(Material shown Opens)

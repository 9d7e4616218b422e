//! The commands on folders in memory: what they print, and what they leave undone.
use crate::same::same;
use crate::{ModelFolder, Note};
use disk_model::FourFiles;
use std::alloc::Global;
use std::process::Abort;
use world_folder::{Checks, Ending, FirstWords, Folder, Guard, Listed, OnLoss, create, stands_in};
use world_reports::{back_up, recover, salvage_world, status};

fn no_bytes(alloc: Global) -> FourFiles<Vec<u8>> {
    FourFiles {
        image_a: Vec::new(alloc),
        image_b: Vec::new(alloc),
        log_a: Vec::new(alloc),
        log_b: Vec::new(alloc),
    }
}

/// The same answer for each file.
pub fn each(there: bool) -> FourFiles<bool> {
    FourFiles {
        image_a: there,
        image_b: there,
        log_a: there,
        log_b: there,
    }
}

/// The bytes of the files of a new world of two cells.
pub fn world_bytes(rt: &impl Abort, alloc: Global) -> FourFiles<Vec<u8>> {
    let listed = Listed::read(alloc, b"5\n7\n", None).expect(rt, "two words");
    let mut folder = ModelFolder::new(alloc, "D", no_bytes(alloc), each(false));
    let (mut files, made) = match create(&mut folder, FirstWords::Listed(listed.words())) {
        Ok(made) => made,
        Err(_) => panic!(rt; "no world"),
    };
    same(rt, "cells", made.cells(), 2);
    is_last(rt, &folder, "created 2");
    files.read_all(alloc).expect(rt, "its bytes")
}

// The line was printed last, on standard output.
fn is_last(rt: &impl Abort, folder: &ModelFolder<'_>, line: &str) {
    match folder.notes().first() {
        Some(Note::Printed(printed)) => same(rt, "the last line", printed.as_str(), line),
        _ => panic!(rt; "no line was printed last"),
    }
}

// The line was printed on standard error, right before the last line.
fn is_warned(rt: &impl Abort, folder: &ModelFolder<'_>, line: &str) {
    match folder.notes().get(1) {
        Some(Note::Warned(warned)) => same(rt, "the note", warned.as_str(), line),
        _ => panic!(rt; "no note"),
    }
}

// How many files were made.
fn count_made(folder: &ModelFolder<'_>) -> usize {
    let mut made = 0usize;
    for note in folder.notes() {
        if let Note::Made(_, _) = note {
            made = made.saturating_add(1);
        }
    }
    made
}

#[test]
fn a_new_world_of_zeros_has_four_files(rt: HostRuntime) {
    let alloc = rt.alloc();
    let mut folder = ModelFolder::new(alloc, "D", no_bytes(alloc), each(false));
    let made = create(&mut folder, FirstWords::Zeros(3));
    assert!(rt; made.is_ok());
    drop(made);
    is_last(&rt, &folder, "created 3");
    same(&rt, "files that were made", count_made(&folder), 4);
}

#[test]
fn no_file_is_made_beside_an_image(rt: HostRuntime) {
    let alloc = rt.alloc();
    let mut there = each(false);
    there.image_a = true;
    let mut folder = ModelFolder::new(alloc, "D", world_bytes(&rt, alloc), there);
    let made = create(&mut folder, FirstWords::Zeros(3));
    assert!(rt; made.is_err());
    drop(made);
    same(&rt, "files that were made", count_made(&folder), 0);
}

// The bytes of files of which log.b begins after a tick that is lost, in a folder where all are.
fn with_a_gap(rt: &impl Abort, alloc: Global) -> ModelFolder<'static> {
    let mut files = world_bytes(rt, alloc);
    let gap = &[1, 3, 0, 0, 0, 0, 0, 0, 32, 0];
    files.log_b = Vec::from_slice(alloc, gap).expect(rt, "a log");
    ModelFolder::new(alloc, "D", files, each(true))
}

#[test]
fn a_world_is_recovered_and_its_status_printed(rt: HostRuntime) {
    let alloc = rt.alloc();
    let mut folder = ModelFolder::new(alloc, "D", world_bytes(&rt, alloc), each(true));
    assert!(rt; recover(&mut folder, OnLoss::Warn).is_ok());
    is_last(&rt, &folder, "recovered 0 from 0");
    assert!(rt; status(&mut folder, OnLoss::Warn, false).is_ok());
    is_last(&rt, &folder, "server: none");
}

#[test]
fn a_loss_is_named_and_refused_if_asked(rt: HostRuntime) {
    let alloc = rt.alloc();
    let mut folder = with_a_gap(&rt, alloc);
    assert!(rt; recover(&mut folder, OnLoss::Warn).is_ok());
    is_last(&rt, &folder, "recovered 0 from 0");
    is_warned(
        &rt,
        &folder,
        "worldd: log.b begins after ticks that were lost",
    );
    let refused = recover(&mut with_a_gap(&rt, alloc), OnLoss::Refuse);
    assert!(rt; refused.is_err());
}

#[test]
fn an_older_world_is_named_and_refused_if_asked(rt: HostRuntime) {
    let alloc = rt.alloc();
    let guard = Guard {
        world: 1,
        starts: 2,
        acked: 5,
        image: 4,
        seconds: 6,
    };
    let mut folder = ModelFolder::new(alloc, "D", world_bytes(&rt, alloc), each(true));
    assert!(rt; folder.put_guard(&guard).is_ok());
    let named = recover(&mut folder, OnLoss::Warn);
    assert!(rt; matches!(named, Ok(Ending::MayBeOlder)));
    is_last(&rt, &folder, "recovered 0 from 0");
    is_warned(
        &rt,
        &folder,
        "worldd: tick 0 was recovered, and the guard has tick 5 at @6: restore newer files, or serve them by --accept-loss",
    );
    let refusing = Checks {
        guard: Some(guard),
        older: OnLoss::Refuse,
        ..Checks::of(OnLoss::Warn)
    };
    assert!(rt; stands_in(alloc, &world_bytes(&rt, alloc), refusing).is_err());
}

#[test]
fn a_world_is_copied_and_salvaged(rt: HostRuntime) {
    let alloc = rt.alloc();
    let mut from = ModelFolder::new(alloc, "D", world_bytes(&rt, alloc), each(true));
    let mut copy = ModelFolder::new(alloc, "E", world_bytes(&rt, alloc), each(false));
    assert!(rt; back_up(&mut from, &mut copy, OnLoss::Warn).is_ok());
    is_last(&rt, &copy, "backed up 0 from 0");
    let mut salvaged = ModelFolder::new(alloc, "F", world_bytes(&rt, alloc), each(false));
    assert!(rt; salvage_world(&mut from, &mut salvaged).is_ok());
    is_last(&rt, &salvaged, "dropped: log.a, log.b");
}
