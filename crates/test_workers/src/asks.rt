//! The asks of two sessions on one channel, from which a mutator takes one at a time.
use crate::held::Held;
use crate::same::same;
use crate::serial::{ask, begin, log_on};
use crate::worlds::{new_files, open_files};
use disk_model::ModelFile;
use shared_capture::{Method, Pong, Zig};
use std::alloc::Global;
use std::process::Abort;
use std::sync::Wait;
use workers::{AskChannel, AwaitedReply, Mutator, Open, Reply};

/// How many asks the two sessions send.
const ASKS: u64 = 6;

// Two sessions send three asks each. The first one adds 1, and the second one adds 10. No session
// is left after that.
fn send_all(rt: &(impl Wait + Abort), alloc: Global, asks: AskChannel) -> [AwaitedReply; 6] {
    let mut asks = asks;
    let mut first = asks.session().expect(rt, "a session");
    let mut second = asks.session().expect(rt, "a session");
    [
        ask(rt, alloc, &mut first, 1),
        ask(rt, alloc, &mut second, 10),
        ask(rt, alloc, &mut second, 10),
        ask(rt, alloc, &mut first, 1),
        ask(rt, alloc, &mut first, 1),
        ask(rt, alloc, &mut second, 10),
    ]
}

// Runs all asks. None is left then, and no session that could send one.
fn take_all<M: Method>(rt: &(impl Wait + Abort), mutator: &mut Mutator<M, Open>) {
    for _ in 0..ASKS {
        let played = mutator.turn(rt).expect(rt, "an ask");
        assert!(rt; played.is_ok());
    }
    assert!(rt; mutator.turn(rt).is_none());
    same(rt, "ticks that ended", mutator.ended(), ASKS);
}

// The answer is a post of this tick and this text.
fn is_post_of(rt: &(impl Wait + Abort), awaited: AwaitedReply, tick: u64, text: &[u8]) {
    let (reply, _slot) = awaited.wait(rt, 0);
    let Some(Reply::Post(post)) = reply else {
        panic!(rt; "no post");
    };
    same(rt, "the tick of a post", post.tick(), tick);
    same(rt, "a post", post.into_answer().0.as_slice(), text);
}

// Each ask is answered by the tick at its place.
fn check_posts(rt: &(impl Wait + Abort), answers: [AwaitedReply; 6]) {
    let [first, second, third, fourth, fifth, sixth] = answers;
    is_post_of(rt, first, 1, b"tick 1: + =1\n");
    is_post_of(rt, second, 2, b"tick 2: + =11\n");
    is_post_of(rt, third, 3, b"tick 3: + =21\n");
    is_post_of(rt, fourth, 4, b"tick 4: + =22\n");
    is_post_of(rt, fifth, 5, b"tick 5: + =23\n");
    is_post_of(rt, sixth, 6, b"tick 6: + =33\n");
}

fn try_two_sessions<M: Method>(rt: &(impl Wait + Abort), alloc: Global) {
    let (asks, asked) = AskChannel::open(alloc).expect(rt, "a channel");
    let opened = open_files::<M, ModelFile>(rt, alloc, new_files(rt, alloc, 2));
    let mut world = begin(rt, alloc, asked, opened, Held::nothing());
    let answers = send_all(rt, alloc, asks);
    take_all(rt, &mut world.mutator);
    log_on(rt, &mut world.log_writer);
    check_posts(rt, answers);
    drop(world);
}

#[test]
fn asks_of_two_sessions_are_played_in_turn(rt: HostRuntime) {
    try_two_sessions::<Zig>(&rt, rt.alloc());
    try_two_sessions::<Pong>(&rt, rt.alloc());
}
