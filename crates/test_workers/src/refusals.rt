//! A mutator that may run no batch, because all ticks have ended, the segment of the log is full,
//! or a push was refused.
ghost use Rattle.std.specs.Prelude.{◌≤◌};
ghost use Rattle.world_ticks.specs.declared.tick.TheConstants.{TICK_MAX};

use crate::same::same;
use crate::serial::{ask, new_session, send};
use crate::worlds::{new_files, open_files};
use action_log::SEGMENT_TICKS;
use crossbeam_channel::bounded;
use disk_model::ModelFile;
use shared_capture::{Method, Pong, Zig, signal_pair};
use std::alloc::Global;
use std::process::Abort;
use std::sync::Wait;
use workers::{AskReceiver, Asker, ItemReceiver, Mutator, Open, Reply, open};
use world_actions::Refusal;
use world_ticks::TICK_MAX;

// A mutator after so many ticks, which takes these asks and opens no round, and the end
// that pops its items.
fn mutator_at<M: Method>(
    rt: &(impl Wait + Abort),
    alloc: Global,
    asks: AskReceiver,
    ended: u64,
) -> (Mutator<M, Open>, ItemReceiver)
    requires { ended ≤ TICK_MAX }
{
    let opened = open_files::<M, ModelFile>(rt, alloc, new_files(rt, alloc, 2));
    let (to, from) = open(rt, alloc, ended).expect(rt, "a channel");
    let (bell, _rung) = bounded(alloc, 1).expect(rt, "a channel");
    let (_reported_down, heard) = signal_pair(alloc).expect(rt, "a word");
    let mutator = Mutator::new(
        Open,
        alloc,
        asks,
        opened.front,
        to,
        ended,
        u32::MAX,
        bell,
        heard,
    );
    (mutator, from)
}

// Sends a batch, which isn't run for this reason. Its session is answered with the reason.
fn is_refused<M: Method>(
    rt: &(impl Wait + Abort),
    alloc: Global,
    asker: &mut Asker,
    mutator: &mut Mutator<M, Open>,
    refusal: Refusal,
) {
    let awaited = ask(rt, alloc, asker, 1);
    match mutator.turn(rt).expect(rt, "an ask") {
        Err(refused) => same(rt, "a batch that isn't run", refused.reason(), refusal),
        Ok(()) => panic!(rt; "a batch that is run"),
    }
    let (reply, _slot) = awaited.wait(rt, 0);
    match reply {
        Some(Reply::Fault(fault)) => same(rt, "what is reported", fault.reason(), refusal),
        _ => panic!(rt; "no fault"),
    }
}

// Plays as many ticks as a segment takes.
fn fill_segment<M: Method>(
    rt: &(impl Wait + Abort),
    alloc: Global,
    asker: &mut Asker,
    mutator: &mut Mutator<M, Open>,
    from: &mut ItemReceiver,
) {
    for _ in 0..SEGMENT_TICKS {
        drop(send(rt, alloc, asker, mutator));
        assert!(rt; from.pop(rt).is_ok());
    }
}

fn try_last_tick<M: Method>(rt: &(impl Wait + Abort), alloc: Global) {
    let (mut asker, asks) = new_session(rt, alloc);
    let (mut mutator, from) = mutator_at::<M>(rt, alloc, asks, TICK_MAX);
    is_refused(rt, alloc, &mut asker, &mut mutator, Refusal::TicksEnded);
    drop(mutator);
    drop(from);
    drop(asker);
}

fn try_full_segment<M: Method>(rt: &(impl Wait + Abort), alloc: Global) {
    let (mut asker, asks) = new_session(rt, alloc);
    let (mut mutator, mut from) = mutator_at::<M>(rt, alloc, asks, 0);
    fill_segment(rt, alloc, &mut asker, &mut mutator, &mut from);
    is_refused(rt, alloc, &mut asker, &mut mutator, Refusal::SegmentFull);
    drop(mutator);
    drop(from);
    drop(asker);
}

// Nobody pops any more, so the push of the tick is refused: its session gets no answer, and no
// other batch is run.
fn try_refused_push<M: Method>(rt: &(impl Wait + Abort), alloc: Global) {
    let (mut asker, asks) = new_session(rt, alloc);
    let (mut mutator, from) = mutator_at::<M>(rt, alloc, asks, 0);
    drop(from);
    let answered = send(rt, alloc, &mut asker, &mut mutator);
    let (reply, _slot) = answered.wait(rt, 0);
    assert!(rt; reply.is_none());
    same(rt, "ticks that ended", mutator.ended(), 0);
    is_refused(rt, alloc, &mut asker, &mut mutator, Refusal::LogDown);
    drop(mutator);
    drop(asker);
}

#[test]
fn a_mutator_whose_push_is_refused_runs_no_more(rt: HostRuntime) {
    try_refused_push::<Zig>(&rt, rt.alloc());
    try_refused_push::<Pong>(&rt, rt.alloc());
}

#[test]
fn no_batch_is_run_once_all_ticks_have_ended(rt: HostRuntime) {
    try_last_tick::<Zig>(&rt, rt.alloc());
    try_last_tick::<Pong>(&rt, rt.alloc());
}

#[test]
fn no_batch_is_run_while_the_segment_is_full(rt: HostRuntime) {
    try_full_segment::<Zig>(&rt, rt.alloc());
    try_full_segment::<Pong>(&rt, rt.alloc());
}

(Material shown Closes)

_Your assignment:_
Please reproduce the lines from the line with "left after that." to the line with "fn asks_of_two_sessions_are_played_in_turn(rt: HostRuntime)", both ends included, exactly as they appear above.

_Task solution:_
// is left after that.
fn send_all(rt: &(impl Wait + Abort), alloc: Global, asks: AskChannel) -> [AwaitedReply; 6] {
    let mut asks = asks;
    let mut first = asks.session().expect(rt, "a session");
    let mut second = asks.session().expect(rt, "a session");
    [
        ask(rt, alloc, &mut first, 1),
        ask(rt, alloc, &mut second, 10),
        ask(rt, alloc, &mut second, 10),
        ask(rt, alloc, &mut first, 1),
        ask(rt, alloc, &mut first, 1),
        ask(rt, alloc, &mut second, 10),
    ]
}

// Runs all asks. None is left then, and no session that could send one.
fn take_all<M: Method>(rt: &(impl Wait + Abort), mutator: &mut Mutator<M, Open>) {
    for _ in 0..ASKS {
        let played = mutator.turn(rt).expect(rt, "an ask");
        assert!(rt; played.is_ok());
    }
    assert!(rt; mutator.turn(rt).is_none());
    same(rt, "ticks that ended", mutator.ended(), ASKS);
}

// The answer is a post of this tick and this text.
fn is_post_of(rt: &(impl Wait + Abort), awaited: AwaitedReply, tick: u64, text: &[u8]) {
    let (reply, _slot) = awaited.wait(rt, 0);
    let Some(Reply::Post(post)) = reply else {
        panic!(rt; "no post");
    };
    same(rt, "the tick of a post", post.tick(), tick);
    same(rt, "a post", post.into_answer().0.as_slice(), text);
}

// Each ask is answered by the tick at its place.
fn check_posts(rt: &(impl Wait + Abort), answers: [AwaitedReply; 6]) {
    let [first, second, third, fourth, fifth, sixth] = answers;
    is_post_of(rt, first, 1, b"tick 1: + =1\n");
    is_post_of(rt, second, 2, b"tick 2: + =11\n");
    is_post_of(rt, third, 3, b"tick 3: + =21\n");
    is_post_of(rt, fourth, 4, b"tick 4: + =22\n");
    is_post_of(rt, fifth, 5, b"tick 5: + =23\n");
    is_post_of(rt, sixth, 6, b"tick 6: + =33\n");
}

fn try_two_sessions<M: Method>(rt: &(impl Wait + Abort), alloc: Global) {
    let (asks, asked) = AskChannel::open(alloc).expect(rt, "a channel");
    let opened = open_files::<M, ModelFile>(rt, alloc, new_files(rt, alloc, 2));
    let mut world = begin(rt, alloc, asked, opened, Held::nothing());
    let answers = send_all(rt, alloc, asks);
    take_all(rt, &mut world.mutator);
    log_on(rt, &mut world.log_writer);
    check_posts(rt, answers);
    drop(world);
}

#[test]
fn asks_of_two_sessions_are_played_in_turn(rt: HostRuntime) {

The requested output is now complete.